What was the interest rate if your balance on an invesment of pesos 27750 at the end of six years pesos 41070

To find the interest rate for an investment, we can use the formula for compound interest:

\[
A = P(1 + r)^t
\]

Where:
- \(A\) is the final amount (₱41,070),
- \(P\) is the initial principal (₱27,750),
- \(r\) is the annual interest rate (which we are solving for),
- \(t\) is the time in years (6 years).

We can rearrange the formula to solve for \(r\):

\[
r = \left( \frac{A}{P} \right)^{\frac{1}{t}} - 1
\]

Now, let's calculate the interest rate.

\[
r = \left( \frac{41,070}{27,750} \right)^{\frac{1}{6}} - 1
\]

Let me compute that for you.The annual interest rate for the investment is approximately 6.75%.

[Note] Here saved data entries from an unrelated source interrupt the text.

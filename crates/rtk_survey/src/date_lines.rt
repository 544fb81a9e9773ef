//! The lines of dates of a summary.
//!
//! If memory is refused, a first part of what is put may stand there.

ghost use Rattle.std.specs.Prelude.{◌≡◌, ◌++◌, List, OnOk};
ghost use Rattle.rtk_survey.specs.declared.date_message.DateMessage.{DateMessage};
ghost use Rattle.rtk_obs.specs.Reading.{reading_of};
ghost use Rattle.rtk_survey.specs.Contents.{CountsSystemWeeks, CountsWeeks, HasSystemTellings};
ghost use Rattle.rtk_survey.specs.Summary.{weeks_text, weeks_text_of, system_weeks_text};
ghost use Rattle.rtk_survey.specs.SummaryText.{date_time_text, near_text, first_date_line, date_line, date_lines, week_line, system_week_line};
ghost use Rattle.rtk_survey.specs.declared.system_message.SystemMessage.{SystemMessage};

use crate::date_message::UtcDate;
use crate::line::put_line;
use crate::station_dates::{DateCount, StationDates};
use crate::system_tellings::SystemTellings;
use crate::telling::moment_of;
use crate::unread::count_of_number;
use rtk_message::put_named;
use rtk_obs::{Civil, GpsMs, civil, put_clock, put_date};
use std::alloc::AllocError;
use std::collections::BTreeMap;

/// How many weeks there are: DF076 has 10 bits.
const WEEKS: u16 = 1024;

/// How many weeks of BeiDou there are: DF489 has 13 bits.
const BEIDOU_WEEKS: u16 = 8192;

/// How many weeks of Galileo there are: DF289 has 12 bits.
const GALILEO_WEEKS: u16 = 4096;

// The reading of a moment.
fn reading(moment: GpsMs) -> Civil
    ensures { result ≡ reading_of moment }
{
    civil(moment)
}

// A date and a time of day.
fn put_moment(lines: &mut Vec<u8>, date: UtcDate) -> Result<(), AllocError>
    ensures { OnOk result (lines.new.items ≡ lines.old.items ++ date_time_text date) }
{
    let reading = reading(moment_of(date));
    put_date(lines, reading)?;
    lines.push(b'T')?;
    put_clock(lines, reading)
}

/// Appends the moment near which a command converts.
pub(crate) fn put_near(lines: &mut Vec<u8>, near: Option<UtcDate>) -> Result<(), AllocError>
    ensures { OnOk result (lines.new.items ≡ lines.old.items ++ near_text near) }
{
    match near {
        Some(date) => put_moment(lines, date),
        None => lines.extend_from_slice(b"GPS-TIME-WITHIN-HALF-A-WEEK"),
    }
}

fn put_first_date(
    lines: &mut Vec<u8>,
    number: u64,
    count: u64,
    first: Option<UtcDate>,
) -> Result<(), AllocError>
    ensures { OnOk result (lines.new.items ≡ lines.old.items ++ first_date_line number count first) }
{
    let Some(date) = first else {
        return Ok(());
    };
    lines.extend_from_slice(b" date ")?;
    put_moment(lines, date)?;
    put_named(lines, b" ", number)?;
    put_line(lines, b" ", count)
}

fn put_date_line(lines: &mut Vec<u8>, number: u64, dates: &DateCount) -> Result<(), AllocError>
    ensures { OnOk result (lines.new.items ≡ lines.old.items ++ date_line number dates.now) }
{
    put_first_date(lines, number, dates.count, dates.first)
}

/// Appends the lines of the dates of a station.
pub(crate) fn put_dates(lines: &mut Vec<u8>, dates: &StationDates) -> Result<(), AllocError>
    ensures { OnOk result (lines.new.items ≡ lines.old.items ++ date_lines dates.now) }
{
    put_date_line(lines, 1013, &dates.of_1013)?;
    put_date_line(lines, 1029, &dates.of_1029)
}

fn put_week(lines: &mut Vec<u8>, week: u64, count: u64) -> Result<(), AllocError>
    ensures { OnOk result (lines.new.items ≡ lines.old.items ++ week_line week count) }
{
    if count == 0 {
        return Ok(());
    }
    put_named(lines, b"week ", week)?;
    put_line(lines, b" 1019 ", count)
}

/// Appends a line for each week that has a count.
pub(crate) fn put_weeks(lines: &mut Vec<u8>, weeks: &BTreeMap<u16, u64>) -> Result<(), AllocError>
    ensures { (ds : List DateMessage) → CountsWeeks weeks.now ds → OnOk result (lines.new.items ≡ lines.old.items ++ weeks_text ds) }
{
    for week in 0..WEEKS {
        put_week(lines, u64::from(week), count_of_number(weeks, week))?;
    }
    Ok(())
}

fn put_system_week(
    lines: &mut Vec<u8>,
    number: u16,
    week: u16,
    count: u64,
) -> Result<(), AllocError>
    ensures { OnOk result (lines.new.items ≡ lines.old.items ++ system_week_line number week count) }
{
    if count == 0 {
        return Ok(());
    }
    put_named(lines, b"week ", u64::from(week))?;
    put_named(lines, b" ", u64::from(number))?;
    put_line(lines, b" ", count)
}

// Appends a line for each week, below this one, that messages of a number name.
fn put_weeks_of(
    lines: &mut Vec<u8>,
    number: u16,
    below: u16,
    weeks: &BTreeMap<u16, u64>,
) -> Result<(), AllocError>
    ensures { (ts : List SystemMessage) → CountsSystemWeeks number weeks.now ts
        → OnOk result (lines.new.items ≡ lines.old.items ++ weeks_text_of number below ts) }
{
    for week in 0..below {
        put_system_week(lines, number, week, count_of_number(weeks, week))?;
    }
    Ok(())
}

/// Appends a line for each week of BeiDou and Galileo that has a count.
pub(crate) fn put_system_weeks(
    lines: &mut Vec<u8>,
    tellings: &SystemTellings,
) -> Result<(), AllocError>
    ensures { (ts : List SystemMessage) → HasSystemTellings tellings.now ts
        → OnOk result (lines.new.items ≡ lines.old.items ++ system_weeks_text ts) }
{
    put_weeks_of(lines, 1042, BEIDOU_WEEKS, &tellings.weeks_1042)?;
    put_weeks_of(lines, 1045, GALILEO_WEEKS, &tellings.weeks_1045)?;
    put_weeks_of(lines, 1046, GALILEO_WEEKS, &tellings.weeks_1046)
}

Would you like further details or explanations on this calculation?

Here are some related questions for further exploration:
1. What would the interest rate be if the investment period was 10 years?
2. How much would the balance be after 8 years with the same interest rate?
3. How does the interest rate change if the final balance was ₱50,000 instead?
4. What would the interest rate be if the initial investment was ₱30,000?
5. How does the interest rate differ for simple vs compound interest?

**Tip:** Always ensure to verify if the interest being applied is simple or compound, as it significantly affects the final amount.

What was the interest rate if your balance on an investment of ₱27,750 at the end of six years is ₱41,070?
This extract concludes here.